Data excerpts
+===+

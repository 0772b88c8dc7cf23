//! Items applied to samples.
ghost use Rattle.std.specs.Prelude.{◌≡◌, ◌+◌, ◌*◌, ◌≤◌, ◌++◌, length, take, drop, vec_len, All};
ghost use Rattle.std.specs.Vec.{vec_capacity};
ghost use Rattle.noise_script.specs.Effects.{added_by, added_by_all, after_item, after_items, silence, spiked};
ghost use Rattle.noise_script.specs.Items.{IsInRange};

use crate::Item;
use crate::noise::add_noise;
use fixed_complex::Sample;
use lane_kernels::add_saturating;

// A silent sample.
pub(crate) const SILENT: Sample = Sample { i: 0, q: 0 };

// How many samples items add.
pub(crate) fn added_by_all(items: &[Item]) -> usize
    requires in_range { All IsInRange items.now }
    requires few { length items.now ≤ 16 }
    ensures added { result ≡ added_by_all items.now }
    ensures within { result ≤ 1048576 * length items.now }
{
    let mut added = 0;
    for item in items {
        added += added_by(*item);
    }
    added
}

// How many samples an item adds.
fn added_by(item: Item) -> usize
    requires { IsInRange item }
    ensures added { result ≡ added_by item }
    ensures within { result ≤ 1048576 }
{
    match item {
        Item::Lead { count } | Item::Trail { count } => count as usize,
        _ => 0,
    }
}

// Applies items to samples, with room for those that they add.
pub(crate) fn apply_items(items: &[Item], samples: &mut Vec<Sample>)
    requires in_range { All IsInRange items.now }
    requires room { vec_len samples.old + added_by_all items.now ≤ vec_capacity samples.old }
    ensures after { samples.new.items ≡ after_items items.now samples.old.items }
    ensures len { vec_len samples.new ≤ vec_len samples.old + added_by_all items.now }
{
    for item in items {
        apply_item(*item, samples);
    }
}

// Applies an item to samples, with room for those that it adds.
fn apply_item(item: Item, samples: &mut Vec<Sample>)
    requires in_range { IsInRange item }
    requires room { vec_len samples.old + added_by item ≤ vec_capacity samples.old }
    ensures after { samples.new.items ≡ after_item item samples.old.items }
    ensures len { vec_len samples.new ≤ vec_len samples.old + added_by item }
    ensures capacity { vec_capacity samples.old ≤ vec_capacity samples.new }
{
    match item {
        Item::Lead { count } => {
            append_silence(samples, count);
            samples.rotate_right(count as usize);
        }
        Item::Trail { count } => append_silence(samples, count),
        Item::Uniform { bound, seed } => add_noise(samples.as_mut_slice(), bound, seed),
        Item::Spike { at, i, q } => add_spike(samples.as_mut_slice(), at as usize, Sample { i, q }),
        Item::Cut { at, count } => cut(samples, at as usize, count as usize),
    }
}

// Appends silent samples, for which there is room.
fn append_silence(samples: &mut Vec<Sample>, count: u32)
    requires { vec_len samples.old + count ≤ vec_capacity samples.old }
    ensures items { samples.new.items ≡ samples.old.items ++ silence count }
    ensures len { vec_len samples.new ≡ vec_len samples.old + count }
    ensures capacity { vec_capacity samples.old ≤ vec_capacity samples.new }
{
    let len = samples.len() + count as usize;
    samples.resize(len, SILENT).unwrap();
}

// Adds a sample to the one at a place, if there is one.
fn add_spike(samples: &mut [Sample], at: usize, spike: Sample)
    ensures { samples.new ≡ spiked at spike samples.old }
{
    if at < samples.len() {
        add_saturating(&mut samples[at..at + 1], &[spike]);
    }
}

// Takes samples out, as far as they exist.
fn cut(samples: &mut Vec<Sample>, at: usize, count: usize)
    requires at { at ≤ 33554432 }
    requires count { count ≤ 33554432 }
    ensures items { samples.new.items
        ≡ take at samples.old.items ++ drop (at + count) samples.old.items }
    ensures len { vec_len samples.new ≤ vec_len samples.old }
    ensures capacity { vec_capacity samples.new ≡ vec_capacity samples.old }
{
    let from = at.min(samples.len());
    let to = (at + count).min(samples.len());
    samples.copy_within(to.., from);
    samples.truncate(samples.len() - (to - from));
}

+===+

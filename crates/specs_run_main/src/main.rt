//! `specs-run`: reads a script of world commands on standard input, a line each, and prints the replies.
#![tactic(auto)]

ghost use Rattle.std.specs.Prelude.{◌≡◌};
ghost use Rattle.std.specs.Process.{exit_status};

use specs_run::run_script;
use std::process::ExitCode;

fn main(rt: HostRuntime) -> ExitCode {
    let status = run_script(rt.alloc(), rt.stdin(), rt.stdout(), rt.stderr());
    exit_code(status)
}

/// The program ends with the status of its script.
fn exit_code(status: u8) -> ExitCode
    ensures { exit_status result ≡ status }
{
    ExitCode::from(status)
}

+===+

> WHAT YOU WILL DO: Lines with "Prelude": find them in the data and copy each one.

> THE ANSWER:
ghost use Rattle.std.specs.Prelude.{◌≡◌, ◌+◌, ◌*◌, ◌≤◌, ◌++◌, length, take, drop, vec_len, All};
ghost use Rattle.std.specs.Prelude.{◌≡◌};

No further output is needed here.